Nikon SLR Cameras

Would it be safe to say picture quality has always been constant?

Viktor-C est la vie!
Viktor-C est la vie!

I look at old photos from the late 19th century and early 20th century such as on Shorpy and when they are blown up, I can't honestly tell the difference in quality between these photos and what my Nikon D5000 can take. Now I'm just an amateur photographer, but to me it seems like photo quality has stayed pretty much constant since photography was invented. Is this true? If not, what accounts for the good quality of old photographs?

HisWifeTheirMom
HisWifeTheirMom

Absolutely not. I have never seen any photos from the late 19th century or early 20th that can produce the detail and sharpness of today's cameras. You are obviously not doing something right somewhere.

fhotoace
fhotoace

It would be unsafe to make such an assumption

Your eye is not yet sophisticated enough to see the differences.

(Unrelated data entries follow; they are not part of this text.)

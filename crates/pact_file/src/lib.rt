//! Pact files and their normal form.
#![tactic(auto)]

mod fault;
mod headers;
mod interaction;
pub mod laws;
mod object;
mod order;
mod pact;
mod parts;
mod read;
mod state;
mod texts;

pub use fault::{PactFault, Part, Place, TextParts};
pub use headers::read_headers;
pub use object::{FileFault, read_object};
pub use pact::{Header, Interaction, Pact};
pub use parts::{read_states, read_status, take_list, take_object, text_member};
pub use read::read_pact;
pub use state::State;
pub use texts::states_text;
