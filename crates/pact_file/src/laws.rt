//! Laws of the definitions. The program calls none of these.

ghost use Rattle.pact_file.specs.Laws.{NormalAgain, OnePact, OneAnswer};

/// The normal text of a pact reads to the same pact, unless a pattern is refused; two pacts have one normal text only
/// if they are equal; and a file has one answer, unless a pattern is refused.
pub fn normal_again()
    ensures again { NormalAgain }
    ensures one { OnePact }
    ensures alone { OneAnswer }
{}
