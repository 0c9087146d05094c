//! Interactions in order, each once.

ghost use Rattle.std.specs.Prelude.{◌≡◌, [], IfOk, IfErr, MatchOption, Some, None};
ghost use Rattle.std.specs.Option.{ok_or};
ghost use Rattle.pact_file.specs.declared.fault.PactFault.TheVariants.{Memory, SameInteraction};
ghost use Rattle.pact_rules.specs.Outcome.{Gives};
ghost use Rattle.pact_file.specs.Pact.{key_cmp};
ghost use Rattle.pact_file.specs.Sets.{IsRising};
ghost use Rattle.pact_file.specs.Sorting.{insert_all_sorted, same_text, with_interaction, IsInsertedAt};

use crate::fault::PactFault;
use crate::pact::Interaction;
use std::alloc::Global;
use std::cmp::Ordering;

fn key_order(left: &Interaction, right: &Interaction) -> Ordering
    ensures { result ≡ key_cmp left.now right.now }
{
    left.description
        .cmp(&right.description)
        .then(left.states_text.cmp(&right.states_text))
}

fn is_same(left: &Interaction, right: &Interaction) -> bool
    ensures { result ≡ same_text left.now right.now }
{
    left.text.as_str() == right.text.as_str()
}

/// Where the interaction goes, or None if it is there.
fn index_of(list: &[Interaction], new: &Interaction) -> Result<Option<usize>, PactFault>
    requires { IsRising key_cmp list.now }
    ensures ok { IfOk result (λ o. MatchOption o
        (with_interaction new.now list.now ≡ Some list.now)
        (IsInsertedAt new.now list.now (with_interaction new.now list.now))) }
    ensures err { IfErr result (λ e.
        (e ≡ SameInteraction) × (with_interaction new.now list.now ≡ None)) }
{
    match list.binary_search_by(|other| key_order(other, new)) {
        Ok(place) => {
            if is_same(new, &list[place]) {
                return Ok(None);
            }
            Err(PactFault::SameInteraction)
        }
        Err(at) => Ok(Some(at)),
    }
}

/// Inserts the interaction, unless it is there.
fn insert_interaction(list: &mut Vec<Interaction>, new: Interaction) -> Result<(), PactFault>
    requires { IsRising key_cmp list.old.items }
    ensures { Gives Memory (λ _. list.new.items) result
        (ok_or (with_interaction new list.old.items) SameInteraction) }
{
    match index_of(list, &new) {
        Ok(Some(at)) => list.insert(at, new)?,
        Ok(None) => drop(new),
        Err(fault) => {
            drop(new);
            return Err(fault);
        }
    }
    Ok(())
}

/// Inserts them all, in the order of the file.
pub(crate) fn in_key_order(
    alloc: Global,
    found: Vec<Interaction>,
) -> Result<Vec<Interaction>, PactFault>
    ensures { Gives Memory (λ v. v.items) result
        (ok_or (insert_all_sorted key_cmp same_text [] found.items) SameInteraction) }
{
    let mut list = Vec::with_capacity(alloc, found.len())?;
    for new in found {
        insert_interaction(&mut list, new)?;
    }
    Ok(list)
}
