//! Reading a pact file.

ghost use Rattle.std.specs.Prelude.{◌≡◌, ◌<◌, ◌≤◌, Err, length, map, nat_le, string_bytes};
ghost use Rattle.serde_json.specs.Events.{items_len};
ghost use Rattle.serde_json.specs.View.{view, items_view};
ghost use Rattle.pact_file.specs.declared.fault.PactFault.{PactFault as PactFaultModel};
ghost use Rattle.pact_file.specs.declared.fault.PactFault.TheVariants.{Memory, TooLong};
ghost use Rattle.pact_file.specs.File.{most_bytes, most_interactions, as_file_fault, file_of, is_3};
ghost use Rattle.pact_file.specs.File.{version_under, is_version_3};
ghost use Rattle.pact_file.specs.File.{holds_nothing, has_no_messages, side_of};
ghost use Rattle.pact_file.specs.File.{sides_of, items_of, seen_of};
ghost use Rattle.pact_file.specs.Normal.{InteractionRead, InteractionsRead, Normal, PactRead};
ghost use Rattle.pact_file.specs.Normal.{if_short as pact_if_short};
ghost use Rattle.pact_file.specs.Objects.{IsSomeText};
ghost use Rattle.pact_file.specs.Pact.{pact_with};
ghost use Rattle.pact_rules.specs.Outcome.{Gives, GivesAlways};
ghost use Rattle.pact_rules.specs.Reading.{EachRead, GivesOne};
ghost use Rattle.pact_file.specs.Sound.{IsSound, AreSound};

use crate::fault::{PactFault, Place};
use crate::interaction::read_interaction;
use crate::object::{FileFault, read_object};
use crate::order::in_key_order;
use crate::pact::{Interaction, Pact};
use crate::parts::{list_member, object_member, take_list, text_member};
use crate::texts::is_short;
use broker_names::name::Name;
use pact_rules::Patterns;
use serde_json::Value;
use std::alloc::Global;

const MOST_BYTES: usize = 1_048_576;

const MOST_INTERACTIONS: usize = 512;

/// A fault of a file as that of a pact file.
fn file_fault(fault: FileFault) -> PactFault
    ensures { result ≡ as_file_fault fault }
{
    match fault {
        FileFault::NotJson => PactFault::NotJson,
        FileFault::Tree(fault) => PactFault::Tree(fault),
        FileFault::NotObject => PactFault::Shape(Place::File),
        FileFault::Memory => PactFault::Memory,
    }
}

#[tactic(auto, unfolding(crate::specs::File::file_of), using(crate::proofs::Objects::fault_as, crate::proofs::Objects::memory_as))]
fn read_file(alloc: Global, bytes: &[u8]) -> Result<Value, PactFault>
    requires { length bytes.now ≤ most_bytes }
    ensures value { Gives Memory view result (file_of bytes.now) }
    ensures memory { result ≡ Err Memory → IsSomeText bytes.now }
{
    match read_object(alloc, bytes) {
        Ok(file) => Ok(file),
        Err(fault) => Err(file_fault(fault)),
    }
}

/// Whether a version has 3 before its first point, if it is a text or a number.
fn is_three(version: &Value) -> Option<bool>
    ensures { result ≡ is_3 (view version.now) }
{
    match version {
        Value::String(text) => {
            let text = text.as_bytes();
            Some(text == b"3".as_slice() || text.starts_with(b"3."))
        }
        Value::Number(number) => Some(number.as_u64() == Some(3)),
        _ => None,
    }
}

fn version_of(file: &Value, key: &str) -> Option<bool>
    ensures { result ≡ version_under key.now (view file.now) }
{
    let version = file.get("metadata")?.get(key)?.get("version")?;
    is_three(version)
}

#[tactic(auto, unfolding(crate::specs::File::is_version_3))]
fn has_version_3(file: &Value) -> bool
    ensures { result ≡ is_version_3 (view file.now) }
{
    version_of(file, "pactSpecification")
        .or(version_of(file, "pact-specification"))
        .unwrap_or(true)
}

fn is_nothing(messages: &Value) -> bool
    ensures { result ≡ holds_nothing (view messages.now) }
{
    match messages {
        Value::Null => true,
        Value::Array(list) => list.len() == 0,
        _ => false,
    }
}

#[tactic(auto, unfolding(crate::specs::File::has_no_messages))]
fn lacks_messages(file: &Value) -> bool
    ensures { result ≡ has_no_messages (view file.now) }
{
    match file.get("messages") {
        None => true,
        Some(messages) => is_nothing(messages),
    }
}

#[tactic(auto, unfolding(crate::specs::File::side_of))]
fn read_side<'a>(
    file: &'a Value,
    key: &str,
    side: Place,
    its_name: Place,
) -> Result<&'a str, PactFault>
    ensures { GivesAlways (λ s. s.now) result (side_of key.now side its_name (view file.now)) }
{
    let found = object_member(file, key).ok_or(PactFault::Shape(side))?;
    let name = text_member(found, "name").ok_or(PactFault::Shape(its_name))?;
    if !Name::is_valid(name) {
        return Err(PactFault::Shape(its_name));
    }
    Ok(name)
}

#[tactic(auto, unfolding(crate::specs::File::sides_of))]
fn read_sides(file: &Value) -> Result<(&str, &str), PactFault>
    ensures { GivesAlways (λ x. (x.0.now, x.1.now)) result (sides_of (view file.now)) }
{
    if !has_version_3(file) {
        return Err(PactFault::Version);
    }
    if !lacks_messages(file) {
        return Err(PactFault::Messages);
    }
    let consumer = read_side(file, "consumer", Place::Consumer, Place::ConsumerName)?;
    let provider = read_side(file, "provider", Place::Provider, Place::ProviderName)?;
    if consumer == provider {
        return Err(PactFault::SelfContract);
    }
    Ok((consumer, provider))
}

fn read_list(alloc: Global, items: Vec<Value>) -> Result<Vec<Interaction>, PactFault>
    requires { AreSound 98 (items_view items.items) }
    ensures { GivesOne Memory (λ v. v.items) result
        (EachRead InteractionRead 0 (map view items.items)) }
{
    let mut patterns = Patterns::new(alloc);
    let mut found = Vec::with_capacity(alloc, items.len())?;
    for item in items {
        let index = found.len();
        found.push(read_interaction(alloc, &mut patterns, index, item)?)?;
    }
    Ok(found)
}

fn is_few(items: &Vec<Value>) -> bool
    ensures { result ≡ nat_le (items_len (items_view items.now.items)) most_interactions }
{
    items.len() <= MOST_INTERACTIONS
}

/// The values that are written as interactions.
#[tactic(auto, using(crate::proofs::Lists::listed_view), unfolding(crate::specs::File::items_of))]
fn items_in(file: &Value) -> Result<&Vec<Value>, PactFault>
    ensures { GivesAlways (λ v. map view v.now.items) result (items_of (view file.now)) }
{
    let items = list_member(file, "interactions").ok_or(PactFault::Shape(Place::Interactions))?;
    if !is_few(items) {
        return Err(PactFault::TooMany);
    }
    Ok(items)
}

/// The same, moved out of the file.
#[tactic(auto, using(crate::proofs::Lists::listed_view), unfolding(crate::specs::File::items_of))]
fn take_items(file: Value) -> Result<Vec<Value>, PactFault>
    ensures { GivesAlways (λ v. map view v.items) result (items_of (view file)) }
{
    let items = take_list(file, "interactions").ok_or(PactFault::Shape(Place::Interactions))?;
    if !is_few(&items) {
        return Err(PactFault::TooMany);
    }
    Ok(items)
}

fn read_interactions(alloc: Global, file: Value) -> Result<Vec<Interaction>, PactFault>
    requires { IsSound 100 (view file) }
    ensures { GivesOne Memory (λ v. v.items) result (InteractionsRead (view file)) }
{
    let items = take_items(file)?;
    let found = read_list(alloc, items)?;
    in_key_order(alloc, found)
}

/// Reads a pact file (Pact Specification, version 3) to its normal pact: metadata and all other keys are dropped, equal
/// interactions are kept once, and they are in the order of their descriptions, then of the compact texts of their
/// states. The bytes are any. Each fault is the first one in the order of `PactFault`'s documentation, with two
/// exceptions: at a text under `regex` in matching rules the pattern may be refused; and memory may run out instead,
/// but only if the bytes aren't too many, are UTF-8 and aren't empty.
pub fn read_pact(alloc: Global, bytes: &[u8]) -> Result<Pact, PactFault>
    ensures reading { GivesOne Memory (λ p. p) result (Normal bytes.now) }
    ensures long { most_bytes < length bytes.now → result ≡ Err TooLong }
    ensures memory { result ≡ Err Memory → IsSomeText bytes.now }
{
    if bytes.len() > MOST_BYTES {
        return Err(PactFault::TooLong);
    }
    let file = read_file(alloc, bytes)?;
    pact_of(alloc, file)
}

/// The normal pact of a file that was read as JSON. What is wrong before its interactions is found before memory is
/// taken.
fn pact_of(alloc: Global, file: Value) -> Result<Pact, PactFault>
    requires { IsSound 100 (view file) }
    ensures reading { GivesOne Memory (λ p. p) result (PactRead (view file)) }
    ensures seen { (e : PactFaultModel) → seen_of (view file) ≡ Err e → result ≡ Err e }
{
    let (consumer, provider) = read_sides(&file)?;
    items_in(&file)?;
    let consumer_name = String::from_str(alloc, consumer)?;
    let provider_name = String::from_str(alloc, provider)?;
    let interactions = read_interactions(alloc, file)?;
    short_pact(alloc, consumer_name, provider_name, interactions)
}

/// The pact of these parts, if its normal text isn't too long.
fn short_pact(
    alloc: Global,
    consumer: String,
    provider: String,
    interactions: Vec<Interaction>,
) -> Result<Pact, PactFault>
    ensures { Gives Memory (λ p. p) result
        (pact_if_short (pact_with (string_bytes consumer) (string_bytes provider) interactions.items)) }
{
    let has_room = is_short(
        alloc,
        consumer.as_str(),
        provider.as_str(),
        interactions.as_slice(),
    )?;
    if !has_room {
        return Err(PactFault::TooLong);
    }
    Ok(Pact {
        consumer,
        provider,
        interactions,
    })
}
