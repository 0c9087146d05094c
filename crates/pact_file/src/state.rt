//! Provider states.

ghost use Rattle.std.specs.Prelude.{◌≡◌, option_map};
ghost use Rattle.serde_json.specs.View.{view};

use serde_json::Value;
use std::marker::Model;

/// A state that the provider is in.
#[derive(Drop)]
pub struct State {
    pub(crate) name: String,
    pub(crate) params: Option<Value>,
}

impl Model for State {
    ghost use Rattle.std.specs.Prelude.{string_bytes, option_map};
    ghost use Rattle.serde_json.specs.View.{view as seen};
    ghost use Rattle.pact_file.specs.Pact.{State as StateModel, state_code};

    ghost Value = { StateModel };

    ghost coded = { state_code };

    ghost view = { λ a. record { name = string_bytes a.name; params = option_map seen a.params } };
}

impl State {
    /// The name.
    pub fn name(&self) -> &str
        ensures { result.now ≡ self.now.name }
    {
        self.name.as_str()
    }

    /// The parameters, if they are given.
    pub fn params(&self) -> Option<&Value>
        ensures { option_map (λ v. view v.now) result ≡ self.now.params }
    {
        self.params.as_ref()
    }
}
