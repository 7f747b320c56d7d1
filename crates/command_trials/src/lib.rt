//! Trials of the command `onbar`: what no clause says of its texts, in worked examples.
#![tactic(auto)]

#[cfg(test)]
mod forms;
#[cfg(test)]
mod logs;
#[cfg(test)]
mod scripts;
#[cfg(test)]
mod shows;
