//! Pages shown. The digests were worked out by another program.
use site_disk::OutOfMemory;
use std::alloc::Global;
use std::test::Fail;
use std::thread::Threads;
use trial_site::{Bytes, Plan, command, extend, formatted};

// A site with two spaces, over which a script is run.
fn extended<R: Threads + Sync>(rt: &R, alloc: Global, script: &str) -> Result<Bytes, OutOfMemory> {
    let site = formatted(rt, alloc, "-init A:4 B:2")?;
    Ok(extend(rt, alloc, &site, script.as_bytes())?.bytes)
}

const WRITTEN: &str = "begin 1\nwrite 1 A 0 0 41\ncommit 1\n";

// A script, the words of a show behind it, and the text.
static PAGES: [(&str, &str, &str); 7] = [
    (
        WRITTEN,
        "-D A 0",
        "page A 0 stamp 3\n0000 41000000000000000000000000000000\nok\n",
    ),
    (WRITTEN, "-D A 3", "page A 3 stamp 0\nok\n"),
    // Two transactions at once.
    (
        "begin 1\nbegin 2\nwrite 1 A 0 0 aabb\nwrite 2 A 0 1 ccdd\ncommit 2\ncommit 1\n",
        "-D A 0",
        "page A 0 stamp 6\n0000 aabbdd00000000000000000000000000\nok\n",
    ),
    // A byte at the end of a page; the other transaction isn't committed.
    (
        "begin 1\nwrite 1 A 0 4079 ff\ncommit 1\nbegin 2\nwrite 2 A 0 0 11\n",
        "-D A 0",
        "page A 0 stamp 3\n0fe0 000000000000000000000000000000ff\nok\n",
    ),
    // A page that three commits write.
    (
        "begin 1\nwrite 1 A 0 0 41\ncommit 1\nbegin 1\nwrite 1 A 0 1 42\ncommit 1\nbegin 1\nwrite 1 A 0 2 43\ncommit 1\n",
        "-D A 0",
        "page A 0 stamp 9\n0000 41424300000000000000000000000000\nok\n",
    ),
    // A commit that writes nothing into the space, between two that do.
    (
        "begin 1\nwrite 1 A 0 0 41\ncommit 1\nbegin 1\nwrite 1 B 1 0 42\ncommit 1\nbegin 1\nwrite 1 A 0 1 43\ncommit 1\n",
        "-D A 0",
        "page A 0 stamp 9\n0000 41430000000000000000000000000000\nok\n",
    ),
    (
        "begin 1\nwrite 1 A 0 0 41\ncommit 1\nbegin 1\nwrite 1 B 1 0 42\ncommit 1\nbegin 1\ncommit 1\n",
        "-D B 1",
        "page B 1 stamp 6\n0000 42000000000000000000000000000000\nok\n",
    ),
];

/// The lane goes to the end of the log at the first show, and stays there at the second.
#[test]
fn a_page_is_shown(rt: HostRuntime) -> Result<(), Fail> {
    let alloc = rt.alloc();
    for (script, words, text) in PAGES {
        let site = extended(&rt, alloc, script)?;
        let first = command(&rt, alloc, words, &site, &Plan::NONE, b"")?;
        assert!(rt; first.is(text, "Ok"), "{text}");
        let again = command(&rt, alloc, words, &first.bytes, &Plan::NONE, b"")?;
        assert!(rt; again.is(text, "Ok"), "{text}");
        assert!(rt; again.bytes == first.bytes, "{text}");
    }
    Ok(())
}

/// A lane that was brought to the end is brought further.
#[test]
fn a_page_is_shown_further_on(rt: HostRuntime) -> Result<(), Fail> {
    let alloc = rt.alloc();
    let site = extended(&rt, alloc, WRITTEN)?;
    let shown = command(&rt, alloc, "-D A", &site, &Plan::NONE, b"")?;
    let script = b"begin 1\nwrite 1 A 0 1 42\ncommit 1\n";
    let further = extend(&rt, alloc, &shown.bytes, script)?;
    assert!(rt; further.tells("lines 3 commits 1 end 6\nok\n"));
    let shown = command(&rt, alloc, "-D A 0", &further.bytes, &Plan::NONE, b"")?;
    let text = "page A 0 stamp 6\n0000 41420000000000000000000000000000\nok\n";
    assert!(rt; shown.is(text, "Ok"));
    Ok(())
}

#[test]
fn a_space_is_shown(rt: HostRuntime) -> Result<(), Fail> {
    let alloc = rt.alloc();
    for (script, text) in [
        (
            "",
            "space A pages 4 used 0 digest c9d98b3a88b8f2930869f8a2ba7115f1df59dc9826948382e7089550e65a1cf5\nok\n",
        ),
        (
            WRITTEN,
            "page A 0 stamp 3\nspace A pages 4 used 1 digest 48e4058869b202f4d55ec28427f860889c84a9df91b5b0b1e2f32521c8868b77\nok\n",
        ),
    ] {
        let site = extended(&rt, alloc, script)?;
        let shown = command(&rt, alloc, "-D A", &site, &Plan::NONE, b"")?;
        assert!(rt; shown.is(text, "Ok"), "{text}");
    }
    Ok(())
}

#[test]
fn what_a_site_does_not_have_is_refused(rt: HostRuntime) -> Result<(), Fail> {
    let alloc = rt.alloc();
    let site = extended(&rt, alloc, WRITTEN)?;
    for (words, text, status) in [
        ("-D C 9", "no such space C\n", "NoSuchSpace"),
        ("-D A 4", "no such page 4\n", "NoSuchPage(4)"),
        (
            "-D A 4294967295",
            "no such page 4294967295\n",
            "NoSuchPage(4294967295)",
        ),
    ] {
        let ended = command(&rt, alloc, words, &site, &Plan::NONE, b"")?;
        assert!(rt; ended.tells(text), "{text}");
        assert!(rt; ended.status.as_str().starts_with(status), "{text}");
    }
    Ok(())
}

Just the major changes in lens design and the precision with how the film went through the more advanced cameras should be easy enough to see. Film may be the deciding factor in the older photos. Film has always been in research and development and the differences between film made in the 1990's is vastly superior to film from the 1960's

What accounts for high quality are two things. The quality of the hardware, film and camera/lenses and the skill of the photographer. No matter how good the camera, unless the photographer has the skills, the images they produce will be nothing more than snap shots

Fishmeister
Fishmeister

There certainly are very high quality images from the late 19th and early 20th, Shorpy is a great example of such images, here is a link for anybody who does not know the website.

http://www.shorpy.com

Here are just a couple of examples I have grabbed off the site. Dry plate glass 8x10 - 1900-1910.

Another, 1910, dry plate glass.

Zoom in and look at the detail on the bricks.

With some good glass and knowledge of exposure, it's possible to create great image quality no matter the age of equipment or what year it was taken.

Jorge
Jorge

I think it's a kind of paradox. Daguerrotypes were amazingly sharp, though they had no positive. Digital images are maybe sharper but they have no negative. Platinum copies from the old times remain (ethernally?). And ink on paper from digital files, who knows.

Jake
Jake

Picture quality is always improving… Look at some images taken with a d7000 or d3x

photog
photog

You have got to be joking.

Quality of film and sensors has improved in leaps and bounds over the years.

BigAl
BigAl

Older cameras took bigger negatives and those negatives needed less enlargement or were even contact printed so one would need a big magnifying glass to find faults like grain or unsharpness. A 5" by 4" negative needs a 4x enlargement to a 20" by 16" print but a 35mm neg' needs a 16x enlargement for the same sized print. This means that if the modern 35mm and the century old 5x4 produced identical prints then modern lenses would have to be 4 times sharper and film would have to be 4 times less grainy. The film certainly did improve that much but lense design has improved but not by that factor. Even now only a Canon EF 135mm 'L' lense beats a 50 year old 135mm Sonnar and that Sonnar's design hadn't changed much in the previous 30 years.